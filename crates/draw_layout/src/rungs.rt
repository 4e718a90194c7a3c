//! The cells of rungs.

use crate::coils::Coils;
use crate::fitting::Feed;
use crate::grid::{Cell, Grid};
use crate::placing::{Helpers, lay_feed, width_of};
use diagram_declarations::{BlockKind, Pin};

/// Where a jump goes.
#[derive(Clone, Copy)]
pub(crate) enum Target {
    Label(usize),
    /// Past the last rung.
    Exit,
}

/// A rung with coils, one under the other.
pub(crate) fn coil_rung(feed: Feed<'_>, helpers: Helpers<'_, '_>, coils: Coils) -> Grid {
    let mut grid = Grid::new();
    let column = width_of(feed, helpers);
    let lowest = lay_feed(&mut grid, feed, helpers, 0, column);
    for row in 0..coils.count() {
        if let Some(coil) = coils.get(row) {
            grid.put(
                row,
                column,
                Cell::Coil {
                    mode: coil.mode,
                    variable: coil.variable,
                },
            );
        }
    }
    grid.join(column, 0, lowest.max(coils.count().saturating_sub(1)));
    grid
}

/// A rung with a jump.
pub(crate) fn jump_rung(feed: Feed<'_>, helpers: Helpers<'_, '_>, target: Target) -> Grid {
    let mut grid = Grid::new();
    let column = width_of(feed, helpers);
    let lowest = lay_feed(&mut grid, feed, helpers, 0, column);
    let cell = match target {
        Target::Label(label) => Cell::Jump { label },
        Target::Exit => Cell::Exit,
    };
    grid.put(0, column, cell);
    grid.join(column, 0, lowest);
    grid
}

/// The second input of a block, and what leads to it.
#[derive(Clone, Copy)]
pub(crate) struct Second<'a> {
    pub(crate) pin: Pin,
    pub(crate) feed: Option<Feed<'a>>,
}

/// A rung with a block.
pub(crate) fn block_rung(
    instance: usize,
    first: Feed<'_>,
    second: Option<Second<'_>>,
    helpers: Helpers<'_, '_>,
) -> Grid {
    let mut grid = Grid::new();
    let below = match second {
        Some(second) => match second.feed {
            Some(feed) => width_of(feed, helpers),
            None => 0,
        },
        None => 0,
    };
    let column = width_of(first, helpers).max(below);
    let lowest = lay_feed(&mut grid, first, helpers, 0, column);
    grid.put(0, column, Cell::Block { instance });
    grid.join(column, 0, lowest);
    if let Some(second) = second {
        add_second(&mut grid, second, helpers, column);
    }
    grid
}

/// Draws the second input of the block in a column.
fn add_second(grid: &mut Grid, second: Second<'_>, helpers: Helpers<'_, '_>, column: usize) {
    if let Some(feed) = second.feed {
        let lowest = lay_feed(grid, feed, helpers, 1, column);
        grid.join(column, 1, lowest);
    }
    grid.put(
        1,
        column,
        Cell::Lower {
            pin: second.pin,
            is_fed: second.feed.is_some(),
        },
    );
}

/// The input of the lower cell of a block.
pub(crate) fn second_pin(kind: BlockKind) -> Option<Pin> {
    kind.traits().second_input
}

-=-=-

* [The task]: Starting at the line above that holds "pub(crate) enum Target" and ending at the line that holds "for row in 0..coils.count()", transcribe each line exactly and include no other lines.

* [Answer space]:
pub(crate) enum Target {
    Label(usize),
    /// Past the last rung.
    Exit,
}

/// A rung with coils, one under the other.
pub(crate) fn coil_rung(feed: Feed<'_>, helpers: Helpers<'_, '_>, coils: Coils) -> Grid {
    let mut grid = Grid::new();
    let column = width_of(feed, helpers);
    let lowest = lay_feed(&mut grid, feed, helpers, 0, column);
    for row in 0..coils.count() {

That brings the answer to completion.